* Task *
Your task is to reproduce the entries below word for word.

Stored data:
==*==
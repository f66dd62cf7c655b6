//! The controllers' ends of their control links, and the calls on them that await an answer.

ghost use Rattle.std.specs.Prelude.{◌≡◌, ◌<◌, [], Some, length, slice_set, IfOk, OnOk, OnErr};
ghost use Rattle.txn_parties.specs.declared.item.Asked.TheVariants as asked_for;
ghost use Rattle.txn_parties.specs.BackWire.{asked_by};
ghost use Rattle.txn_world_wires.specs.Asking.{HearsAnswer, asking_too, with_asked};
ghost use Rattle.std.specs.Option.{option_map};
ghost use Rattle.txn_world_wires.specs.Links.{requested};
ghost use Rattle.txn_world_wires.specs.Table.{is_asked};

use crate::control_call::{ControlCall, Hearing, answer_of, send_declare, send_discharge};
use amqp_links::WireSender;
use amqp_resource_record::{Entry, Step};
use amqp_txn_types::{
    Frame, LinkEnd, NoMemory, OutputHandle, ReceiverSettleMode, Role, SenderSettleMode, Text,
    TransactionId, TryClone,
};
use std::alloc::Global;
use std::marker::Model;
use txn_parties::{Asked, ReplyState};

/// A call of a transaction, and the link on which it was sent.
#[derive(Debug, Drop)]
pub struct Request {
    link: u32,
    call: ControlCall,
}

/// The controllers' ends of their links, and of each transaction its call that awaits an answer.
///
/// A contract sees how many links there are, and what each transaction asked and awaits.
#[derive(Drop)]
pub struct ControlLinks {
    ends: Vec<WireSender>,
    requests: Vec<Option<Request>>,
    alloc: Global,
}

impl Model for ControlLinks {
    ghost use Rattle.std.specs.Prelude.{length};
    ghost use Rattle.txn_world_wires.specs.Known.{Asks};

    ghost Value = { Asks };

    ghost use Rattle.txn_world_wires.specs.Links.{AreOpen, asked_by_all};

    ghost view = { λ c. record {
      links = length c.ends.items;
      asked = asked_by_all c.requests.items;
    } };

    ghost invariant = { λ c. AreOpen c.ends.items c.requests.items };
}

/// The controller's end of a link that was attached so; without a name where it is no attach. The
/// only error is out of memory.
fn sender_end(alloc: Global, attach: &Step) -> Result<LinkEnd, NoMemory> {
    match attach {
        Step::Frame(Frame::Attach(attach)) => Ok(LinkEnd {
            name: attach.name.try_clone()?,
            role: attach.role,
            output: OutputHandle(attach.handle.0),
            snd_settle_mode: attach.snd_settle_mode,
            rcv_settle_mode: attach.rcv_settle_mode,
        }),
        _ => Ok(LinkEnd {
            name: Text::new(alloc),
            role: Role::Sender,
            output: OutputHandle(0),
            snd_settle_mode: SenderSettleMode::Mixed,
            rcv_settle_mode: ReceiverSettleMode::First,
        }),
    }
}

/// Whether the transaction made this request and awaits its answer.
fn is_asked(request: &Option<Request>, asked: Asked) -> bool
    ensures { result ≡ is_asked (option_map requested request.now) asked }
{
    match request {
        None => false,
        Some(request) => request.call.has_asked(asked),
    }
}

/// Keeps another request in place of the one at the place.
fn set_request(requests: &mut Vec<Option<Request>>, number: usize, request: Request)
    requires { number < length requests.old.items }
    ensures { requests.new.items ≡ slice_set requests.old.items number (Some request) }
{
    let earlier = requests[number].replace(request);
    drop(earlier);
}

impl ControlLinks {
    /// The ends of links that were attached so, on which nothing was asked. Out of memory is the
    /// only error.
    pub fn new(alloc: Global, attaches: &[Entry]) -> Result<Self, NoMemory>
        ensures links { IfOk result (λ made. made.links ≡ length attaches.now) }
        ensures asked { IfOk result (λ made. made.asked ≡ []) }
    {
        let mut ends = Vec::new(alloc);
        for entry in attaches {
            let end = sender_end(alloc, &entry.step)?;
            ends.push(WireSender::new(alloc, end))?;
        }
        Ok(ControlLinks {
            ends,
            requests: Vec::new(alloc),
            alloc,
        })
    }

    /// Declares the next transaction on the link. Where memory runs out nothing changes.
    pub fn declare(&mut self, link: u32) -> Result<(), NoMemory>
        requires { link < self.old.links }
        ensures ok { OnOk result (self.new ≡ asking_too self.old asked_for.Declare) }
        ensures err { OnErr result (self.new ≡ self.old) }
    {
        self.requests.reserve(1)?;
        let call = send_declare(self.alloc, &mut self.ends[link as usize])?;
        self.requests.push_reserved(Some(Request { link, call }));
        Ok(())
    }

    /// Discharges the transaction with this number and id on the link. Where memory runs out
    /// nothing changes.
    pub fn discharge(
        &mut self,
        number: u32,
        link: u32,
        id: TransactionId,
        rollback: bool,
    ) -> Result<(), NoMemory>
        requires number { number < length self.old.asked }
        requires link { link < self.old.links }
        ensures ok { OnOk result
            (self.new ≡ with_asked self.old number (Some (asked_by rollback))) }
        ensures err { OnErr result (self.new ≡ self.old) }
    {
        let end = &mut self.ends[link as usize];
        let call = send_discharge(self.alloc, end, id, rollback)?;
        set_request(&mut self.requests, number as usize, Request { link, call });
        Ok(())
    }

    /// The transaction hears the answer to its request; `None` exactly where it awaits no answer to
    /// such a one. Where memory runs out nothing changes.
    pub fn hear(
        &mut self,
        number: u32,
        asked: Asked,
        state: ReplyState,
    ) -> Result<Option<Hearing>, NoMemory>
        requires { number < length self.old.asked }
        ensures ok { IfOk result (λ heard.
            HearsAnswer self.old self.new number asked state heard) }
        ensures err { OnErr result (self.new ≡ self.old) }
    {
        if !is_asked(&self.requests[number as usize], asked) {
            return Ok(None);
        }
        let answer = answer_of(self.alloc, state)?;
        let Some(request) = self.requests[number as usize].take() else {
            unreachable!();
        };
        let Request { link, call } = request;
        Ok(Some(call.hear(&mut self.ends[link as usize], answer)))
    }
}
==*==
* Answer section *
repository f66dd62cf7c655b6
//! The controllers' ends of their control links, and the calls on them that await an answer.

ghost use Rattle.std.specs.Prelude.{◌≡◌, ◌<◌, [], Some, length, slice_set, IfOk, OnOk, OnErr};
ghost use Rattle.txn_parties.specs.declared.item.Asked.TheVariants as asked_for;
ghost use Rattle.txn_parties.specs.BackWire.{asked_by};
ghost use Rattle.txn_world_wires.specs.Asking.{HearsAnswer, asking_too, with_asked};
ghost use Rattle.std.specs.Option.{option_map};
ghost use Rattle.txn_world_wires.specs.Links.{requested};
ghost use Rattle.txn_world_wires.specs.Table.{is_asked};

use crate::control_call::{ControlCall, Hearing, answer_of, send_declare, send_discharge};
use amqp_links::WireSender;
use amqp_resource_record::{Entry, Step};
use amqp_txn_types::{
    Frame, LinkEnd, NoMemory, OutputHandle, ReceiverSettleMode, Role, SenderSettleMode, Text,
    TransactionId, TryClone,
};
use std::alloc::Global;
use std::marker::Model;
use txn_parties::{Asked, ReplyState};

/// A call of a transaction, and the link on which it was sent.
#[derive(Debug, Drop)]
pub struct Request {
    link: u32,
    call: ControlCall,
}

/// The controllers' ends of their links, and of each transaction its call that awaits an answer.
///
/// A contract sees how many links there are, and what each transaction asked and awaits.
#[derive(Drop)]
pub struct ControlLinks {
    ends: Vec<WireSender>,
    requests: Vec<Option<Request>>,
    alloc: Global,
}

impl Model for ControlLinks {
    ghost use Rattle.std.specs.Prelude.{length};
    ghost use Rattle.txn_world_wires.specs.Known.{Asks};

    ghost Value = { Asks };

    ghost use Rattle.txn_world_wires.specs.Links.{AreOpen, asked_by_all};

    ghost view = { λ c. record {
      links = length c.ends.items;
      asked = asked_by_all c.requests.items;
    } };

    ghost invariant = { λ c. AreOpen c.ends.items c.requests.items };
}

/// The controller's end of a link that was attached so; without a name where it is no attach. The
/// only error is out of memory.
fn sender_end(alloc: Global, attach: &Step) -> Result<LinkEnd, NoMemory> {
    match attach {
        Step::Frame(Frame::Attach(attach)) => Ok(LinkEnd {
            name: attach.name.try_clone()?,
            role: attach.role,
            output: OutputHandle(attach.handle.0),
            snd_settle_mode: attach.snd_settle_mode,
            rcv_settle_mode: attach.rcv_settle_mode,
        }),
        _ => Ok(LinkEnd {
            name: Text::new(alloc),
            role: Role::Sender,
            output: OutputHandle(0),
            snd_settle_mode: SenderSettleMode::Mixed,
            rcv_settle_mode: ReceiverSettleMode::First,
        }),
    }
}

/// Whether the transaction made this request and awaits its answer.
fn is_asked(request: &Option<Request>, asked: Asked) -> bool
    ensures { result ≡ is_asked (option_map requested request.now) asked }
{
    match request {
        None => false,
        Some(request) => request.call.has_asked(asked),
    }
}

/// Keeps another request in place of the one at the place.
fn set_request(requests: &mut Vec<Option<Request>>, number: usize, request: Request)
    requires { number < length requests.old.items }
    ensures { requests.new.items ≡ slice_set requests.old.items number (Some request) }
{
    let earlier = requests[number].replace(request);
    drop(earlier);
}

impl ControlLinks {
    /// The ends of links that were attached so, on which nothing was asked. Out of memory is the
    /// only error.
    pub fn new(alloc: Global, attaches: &[Entry]) -> Result<Self, NoMemory>
        ensures links { IfOk result (λ made. made.links ≡ length attaches.now) }
        ensures asked { IfOk result (λ made. made.asked ≡ []) }
    {
        let mut ends = Vec::new(alloc);
        for entry in attaches {
            let end = sender_end(alloc, &entry.step)?;
            ends.push(WireSender::new(alloc, end))?;
        }
        Ok(ControlLinks {
            ends,
            requests: Vec::new(alloc),
            alloc,
        })
    }

    /// Declares the next transaction on the link. Where memory runs out nothing changes.
    pub fn declare(&mut self, link: u32) -> Result<(), NoMemory>
        requires { link < self.old.links }
        ensures ok { OnOk result (self.new ≡ asking_too self.old asked_for.Declare) }
        ensures err { OnErr result (self.new ≡ self.old) }
    {
        self.requests.reserve(1)?;
        let call = send_declare(self.alloc, &mut self.ends[link as usize])?;
        self.requests.push_reserved(Some(Request { link, call }));
        Ok(())
    }

    /// Discharges the transaction with this number and id on the link. Where memory runs out
    /// nothing changes.
    pub fn discharge(
        &mut self,
        number: u32,
        link: u32,
        id: TransactionId,
        rollback: bool,
    ) -> Result<(), NoMemory>
        requires number { number < length self.old.asked }
        requires link { link < self.old.links }
        ensures ok { OnOk result
            (self.new ≡ with_asked self.old number (Some (asked_by rollback))) }
        ensures err { OnErr result (self.new ≡ self.old) }
    {
        let end = &mut self.ends[link as usize];
        let call = send_discharge(self.alloc, end, id, rollback)?;
        set_request(&mut self.requests, number as usize, Request { link, call });
        Ok(())
    }

    /// The transaction hears the answer to its request; `None` exactly where it awaits no answer to
    /// such a one. Where memory runs out nothing changes.
    pub fn hear(
        &mut self,
        number: u32,
        asked: Asked,
        state: ReplyState,
    ) -> Result<Option<Hearing>, NoMemory>
        requires { number < length self.old.asked }
        ensures ok { IfOk result (λ heard.
            HearsAnswer self.old self.new number asked state heard) }
        ensures err { OnErr result (self.new ≡ self.old) }
    {
        if !is_asked(&self.requests[number as usize], asked) {
            return Ok(None);
        }
        let answer = answer_of(self.alloc, state)?;
        let Some(request) = self.requests[number as usize].take() else {
            unreachable!();
        };
        let Request { link, call } = request;
        Ok(Some(call.hear(&mut self.ends[link as usize], answer)))
    }
}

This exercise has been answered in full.